Welcome to Segpy's documentation!
Introduction
Segpy is a streamlined, user-friendly pipeline designed for variant segregation analysis, allowing investigators to compute allelic counts at variant sites across study subjects. The pipeline can be applied to both pedigree-based family cohorts — those involving single or multi-family trios, quartets, or extended families — and population-based case-control cohorts. Considering the scale of modern datasets and the computational power required for their analysis, the Segpy pipeline was designed for seamless integration with the user's high-performance computing (HPC) clusters using the SLURM Workload Manager (Segpy SLURM); however, users may also run the pipleine directly from their Linux workstation or any PC with Bash and Singularity installed (Segpy Local).
As input, users must provide a single VCF file describing the genetic variants of all study subjects and a pedigree file describing the familial relationships among those individuals (if applicable) and their disease status. As output, Segpy computes variant carrier counts for affected and unaffected individuals, both within and outside of families, by categorizing wild-type individuals, heterozygous carriers, and homozygous carriers at specific loci.

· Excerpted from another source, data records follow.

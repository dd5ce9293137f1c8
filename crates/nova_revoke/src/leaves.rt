ghost use Rattle.std.specs.Prelude.{◌≡◌, ◌↔◌, [], Contains, None, IfSome};
ghost use Rattle.law_forest.specs.Courses.{IsLeaf};
ghost use Rattle.nova_model.specs.Delegations.{first_from};
ghost use Rattle.nova_model.specs.Revokes.{scope, newest_in, is_entry, scope_entry, leaf_by, next_leaf};
ghost use Rattle.nova_nodes.specs.NodesStates.{IsPlaced, IsSound};

use crate::revoke::Revoke;
use crate::scope::{end, in_scope_of};
use nova_model::Derivation;
use nova_nodes::Nodes;
use nova_range::Index;

/// The newest child of the derivation `id` that is in the scope of `revoke`.
fn newest_in<I: Index>(nodes: &Nodes<I>, revoke: &Revoke, id: u32) -> Option<Derivation>
    requires sound { IsSound nodes.now.delegations }
    ensures { result ≡ newest_in revoke.now nodes.now.delegations.list id }
{
    let mut at = nodes.newest_child(id);
    while let Some(child) = at {
        let Some(d) = nodes.get(child) else {
            unreachable!()
        };
        if in_scope_of(nodes, revoke, d) {
            return Some(d);
        }
        at = nodes.older(child);
    }
    None
}

/// Whether `d`, of the revoker's, is in the scope or has a child in it.
fn is_entry<I: Index>(nodes: &Nodes<I>, revoke: &Revoke, d: Derivation) -> bool
    requires sound { IsSound nodes.now.delegations }
    requires there { Contains nodes.now.delegations.list d }
    requires placed { IsPlaced d }
    requires pd { d.pd ≡ revoke.now.pd }
    ensures { result ≡ is_entry revoke.now nodes.now.delegations.list d }
{
    in_scope_of(nodes, revoke, d) || newest_in(nodes, revoke, d.id).is_some()
}

/// The revoker's derivation of least base that has a place at or after `place`.
fn next_held<I: Index>(nodes: &Nodes<I>, revoke: &Revoke, place: u32) -> Option<Derivation>
    ensures found { result ≡ first_from nodes.now.delegations.list revoke.now.range.kind revoke.now.pd place }
    ensures placed { IfSome result IsPlaced }
    ensures sound { IsSound nodes.now.delegations }
{
    nodes.first_from(revoke.pd, revoke.range.kind, place)
}

/// The entry at which the way to the next leaf of `revoke` begins.
fn scope_entry<I: Index>(nodes: &Nodes<I>, revoke: &Revoke) -> Option<Derivation>
    ensures found { result ≡ scope_entry revoke.now nodes.now.delegations.list }
    ensures sound { IsSound nodes.now.delegations }
{
    let mut place = 0;
    while let Some(d) = next_held(nodes, revoke, place) {
        if is_entry(nodes, revoke, d) {
            return Some(d);
        }
        place = end(d.range());
    }
    None
}

/// Searches for the leaf that `revoke` takes next.
fn find_leaf<I: Index>(nodes: &mut Nodes<I>, revoke: &Revoke) -> Option<Derivation>
    ensures found { result ≡ next_leaf revoke.now nodes.old.delegations }
    ensures sound { IsSound nodes.old.delegations }
    ensures kept { nodes.new ≡ nodes.old }
{
    let d = scope_entry(nodes, revoke)?;
    match newest_in(nodes, revoke, d.id) {
        None => Some(d),
        Some(c) => Some(nodes.leaf_below(c)),
    }
}

/// The leaf that `revoke` takes next, a derivation of its scope without a child; nothing exactly where the scope is empty. It is found thus. Of the
/// revoker's derivations that are in the scope or have a child in it, the way begins at that of least base, and goes to its newest child in the scope
/// and on from newest child to newest child; where none of its children is in the scope, it ends at once. The next search may be quicker; what is
/// kept stays.
pub fn next_leaf<I: Index>(nodes: &mut Nodes<I>, revoke: &Revoke) -> Option<Derivation>
    ensures found { result ≡ next_leaf revoke.now nodes.old.delegations }
    ensures leaf { IfSome result (IsLeaf revoke.now nodes.old.delegations) }
    ensures ended { (result ≡ None) ↔ (scope revoke.now nodes.old.delegations.list ≡ []) }
    ensures kept { nodes.new ≡ nodes.old }
{
    find_leaf(nodes, revoke)
}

These counts are organized into a comprehensive data frame, with each row representing a single variant and labeled with the Sample IDs of the corresponding carriers to facilitate donwstream analysis.

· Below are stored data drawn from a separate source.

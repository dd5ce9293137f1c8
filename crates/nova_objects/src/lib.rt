//! The objects of a kernel, numbered from 0 in the order of their making.
#![tactic(auto)]

pub mod object;
pub mod objects;

pub use object::{EcKind, Object};
pub use objects::Objects;
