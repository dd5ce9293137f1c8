ghost use Rattle.std.specs.Prelude.{◌≡◌, ◌+◌, ◌-◌, ◌<◌, ◌≤◌, ◌↔◌, ◌^◌, [], ◌∷◌, ◌++◌, length, max, slice_get, IsOk, IsSome, IfOk, OnOk, OnErr};
ghost use Rattle.std.specs.Option.{option_copied};

use crate::object::Object;
use std::alloc::{AllocError, Global};
use std::marker::Model;

/// Objects, numbered from 0 in the order of their making, with room that is reserved for more.
#[derive(Drop)]
pub struct Objects {
    items: Vec<Object>,
    spare: usize,
}

impl Model for Objects {
    ghost use Rattle.std.specs.Prelude.{◌+◌, ◌≤◌, vec_len, vec_capacity};
    ghost use Rattle.nova_objects.specs.ObjectTables.{ObjectTable};

    ghost Value = { ObjectTable };

    ghost view = { λ o. record { items = o.items.items; spare = o.spare } };

    ghost invariant = { λ o. vec_len o.items + o.spare ≤ vec_capacity o.items };
}

impl Objects {
    /// No objects, and room for none.
    pub fn new(alloc: Global) -> Objects
        ensures { result ≡ record { items = []; spare = 0 } }
    {
        Objects {
            items: Vec::new(alloc),
            spare: 0,
        }
    }

    /// Makes room for `n` more objects, counted from those that are there. Room that was made before
    /// stays, and where it is enough, this succeeds.
    pub fn reserve(&mut self, n: usize) -> Result<(), AllocError>
        ensures ok { OnOk result (self.new ≡ record self.old { spare = max self.old.spare n }) }
        ensures enough { n ≤ self.old.spare → IsOk result }
        ensures err { OnErr result (self.new ≡ self.old) }
    {
        self.items.reserve(n)?;
        self.spare = self.spare.max(n);
        Ok(())
    }

    /// Adds `object` in reserved room, and answers its number. There are fewer than 2^32 - 1 objects before.
    pub fn add(&mut self, object: Object) -> u32
        requires room { 0 < self.old.spare }
        requires numbered { length self.old.items < 2 ^ 32 - 1 }
        ensures number { result ≡ length self.old.items }
        ensures added { self.new ≡ record { items = self.old.items ++ object ∷ []; spare = self.old.spare - 1 } }
    {
        let id = self.items.len() as u32;
        self.items.push_reserved(object);
        self.spare -= 1;
        id
    }

    /// The object of number `id`, or nothing where none has it.
    pub fn get(&self, id: u32) -> Option<&Object>
        ensures object { option_copied result ≡ slice_get self.now.items id }
        ensures there { IsSome result ↔ (id < length self.now.items) }
    {
        self.items.get(id as usize)
    }

    /// The objects by number.
    pub fn as_slice(&self) -> &[Object]
        ensures { result.now ≡ self.now.items }
    {
        self.items.as_slice()
    }

    /// Copies the objects into memory of their own, with no spare room.
    pub fn copy(&self) -> Result<Objects, AllocError>
        ensures { IfOk result (λ copy. copy ≡ record { items = self.now.items; spare = 0 }) }
    {
        let items = Vec::from_slice(*self.items.allocator(), self.items.as_slice())?;
        Ok(Objects { items, spare: 0 })
    }

    /// How many objects there are.
    pub fn len(&self) -> usize
        ensures { result ≡ length self.now.items }
    {
        self.items.len()
    }
}
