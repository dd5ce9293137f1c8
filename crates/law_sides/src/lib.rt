//! Laws of sides: what ties protection domains to one another, so that sides are isolated exactly where their labels respect it; and what isolation
//! says of the turns that follow.
#![tactic(auto)]

mod laws;

pub use laws::{
    a_source_is_not_reached_by_its_sink, all_memory_that_flows_is_told,
    bare_and_mute_domains_are_careful, isolated_sides_touch_no_frame_of_another,
    isolation_is_respect_of_ties, sides_beside_what_rests_are_apart_for_good,
    sides_share_a_semaphore_and_no_more, sides_that_stay_isolated_met_careful_turns,
};
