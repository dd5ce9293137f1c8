//! Revokes, leaf by leaf: which derivations one takes, which may not join while it runs, and which leaf
//! goes next. And the revokes that run, by the execution context that runs each.
#![tactic(auto)]

pub mod leaves;
pub mod revoke;
pub mod running;
pub mod scope;

pub use leaves::next_leaf;
pub use revoke::Revoke;
pub use running::{Revokes, Running};
pub use scope::{in_scope, would_grow};
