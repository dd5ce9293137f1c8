ghost use Rattle.std.specs.Prelude.{◌≡◌, ◌<◌, ◌≤◌, [], length, IsOk, OnOk, OnErr, IfOk};
ghost use Rattle.std.specs.List.{list_any};
ghost use Rattle.nova_model.specs.Running.{is_of_objects};
ghost use Rattle.nova_revoke.specs.Runners.{begun_in, ended_in, index_of, place_of, revoke_in};

use crate::revoke::Revoke;
use nova_nodes::{Guarded, Nodes};
use nova_range::{Index, Kind, Range};
use std::alloc::{AllocError, Global};
use std::marker::Model;

/// A revoke that runs, with the execution context that runs it.
#[derive(Clone, Copy)]
pub struct Running {
    pub ec: u32,
    pub revoke: Revoke,
}

impl Model for Running {
    ghost use Rattle.nova_model.specs.Running as model;
    ghost use Rattle.nova_range.specs.Ranges.{IsRange};

    ghost Value = { model.Running };

    ghost view = { λ w. record { ec = w.ec; revoke = w.revoke } };

    ghost invariant = { λ w. IsRange w.revoke.range };

    ghost inverse = { λ v. record { ec = v.ec; revoke = v.revoke } };
}

impl Guarded for Running {
    ghost revoke = { λ w. w.revoke };

    fn would_grow<I: Index>(
        &self,
        nodes: &Nodes<I>,
        parent: Option<u32>,
        pd: u32,
        range: Range,
        target: u32,
    ) -> bool {
        crate::would_grow(nodes, &self.revoke, parent, pd, range, target)
    }
}

/// Whether a revoke is one of the protection domain `pd`, of an object range that contains `selector`.
fn is_of_objects(running: &Running, pd: u32, selector: u32) -> bool
    ensures { result ≡ is_of_objects pd selector running.now }
{
    let Revoke {
        pd: revoker,
        range,
        ..
    } = running.revoke;
    matches!(range.kind, Kind::Obj)
        && revoker == pd
        && range.base <= selector
        && selector - range.base < 1 << range.order
}

/// The revokes that run, by the number of the execution context, with a place for each that may run one.
#[derive(Drop)]
pub struct Revokes {
    list: Vec<Running>,
}

impl Model for Revokes {
    ghost use Rattle.std.specs.Prelude.{vec_capacity};
    ghost use Rattle.nova_revoke.specs.Runners.{RevokesState};

    ghost Value = { RevokesState };

    ghost view = { λ r. record { list = r.list.items; places = vec_capacity r.list } };
}

impl Revokes {
    /// No running revokes, and places for none.
    pub fn new(alloc: Global) -> Revokes
        ensures { result.list ≡ [] }
    {
        Revokes {
            list: Vec::new(alloc),
        }
    }

    /// Makes places for the revokes of `contexts` execution contexts. Places that were made before stay, and where they are enough, this succeeds.
    pub fn reserve(&mut self, contexts: usize) -> Result<(), AllocError>
        ensures list { self.new.list ≡ self.old.list }
        ensures places { self.old.places ≤ self.new.places }
        ensures ok { OnOk result (contexts ≤ self.new.places) }
        ensures enough { contexts ≤ self.old.places → IsOk result }
        ensures err { OnErr result (self.new ≡ self.old) }
    {
        self.list.reserve(contexts.saturating_sub(self.list.len()))
    }

    /// Copies the running revokes into memory of their own, with places for the revokes of `contexts` execution contexts.
    pub fn copy(&self, contexts: usize) -> Result<Revokes, AllocError>
        ensures list { IfOk result (λ copy. copy.list ≡ self.now.list) }
        ensures places { IfOk result (λ copy. contexts ≤ copy.places) }
    {
        let mut copy = Revokes {
            list: Vec::from_slice(*self.list.allocator(), self.list.as_slice())?,
        };
        copy.reserve(contexts)?;
        Ok(copy)
    }

    /// The running revokes, in order.
    pub fn as_slice(&self) -> &[Running]
        ensures { result.now ≡ self.now.list }
    {
        self.list.as_slice()
    }

    /// The revoke that the execution context `ec` runs.
    pub fn get(&self, ec: u32) -> Option<Revoke>
        ensures { result ≡ revoke_in ec self.now.list }
    {
        let running = self.list.get(self.index_of(ec))?;
        Some(running.revoke)
    }

    /// Whether a running revoke of the protection domain `pd` is of an object range that contains `selector`.
    pub fn forbids(&self, pd: u32, selector: u32) -> bool
        ensures { result ≡ list_any (is_of_objects pd selector) self.now.list }
    {
        for running in &self.list {
            if is_of_objects(running, pd, selector) {
                return true;
            }
        }
        false
    }

    /// Where the revoke of the execution context `ec` goes: before the first of a greater number.
    fn place_of(&self, ec: u32) -> usize
        ensures place { result ≡ place_of ec self.now.list }
        ensures within { result ≤ length self.now.list }
    {
        for i in 0..self.list.len() {
            if ec < self.list[i].ec {
                return i;
            }
        }
        self.list.len()
    }

    /// Where the revoke of the execution context `ec` stands; the end of the list where it runs none.
    fn index_of(&self, ec: u32) -> usize
        ensures { result ≡ index_of ec self.now.list }
    {
        for i in 0..self.list.len() {
            if self.list[i].ec == ec {
                return i;
            }
        }
        self.list.len()
    }

    /// Begins `revoke` for the execution context `ec`, which runs none, in its place.
    pub fn begin(&mut self, ec: u32, revoke: Revoke)
        requires { length self.old.list < self.old.places }
        ensures list { self.new.list ≡ begun_in (record { ec = ec; revoke = revoke }) self.old.list }
        ensures places { self.new.places ≡ self.old.places }
    {
        let at = self.place_of(ec);
        let done = self.list.insert(at, Running { ec, revoke });
        prove!(done.is_ok());
    }

    /// Ends the revoke of the execution context `ec`, whose place is free then.
    pub fn end(&mut self, ec: u32)
        ensures list { self.new.list ≡ ended_in ec self.old.list }
        ensures places { self.new.places ≡ self.old.places }
    {
        let at = self.index_of(ec);
        if at < self.list.len() {
            self.list.remove(at);
        }
    }
}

To meet the requirements of various study designs, Segpy integrates the ability to analyze pedigree-based and population-based datasets by providing three distinct, yet highly comparable analysis tracks:
1) Single-family
2) Multi-family
3) Case-control
We provide comprehensive tutorials for running these analysis tracks in subsequent sections of this documentation.
Each analysis tracks consists of four dstinct steps shown in Figure 1. In brief, Step 0 establishes a working directory for the analyis and deposits a modifiable text file to adjust the analytical parameters. In Step 1, the user-provided VCF file is converted to the Hail MatrixTable format. In Step 2, variant segregation is performed based on the sample information defined in the user-provided pedigree file using the MatrixTable. In Step 3, the carrier counts data frame produced in Step 2 is parsed based on user specifications to reduce the computational burden of downstream analyses.
Figure 1. Segpy pipeline workflow.
A containerized version of the Segpy pipeline is publicly available from Zenodo, which includes the code, libraries, and dependicies required for running the analyses.
In this documentation, we provide a step-by-step tutorial and explanation of the Segpy pipeline. We also provide a quick-start tutorial using a simulated dataset.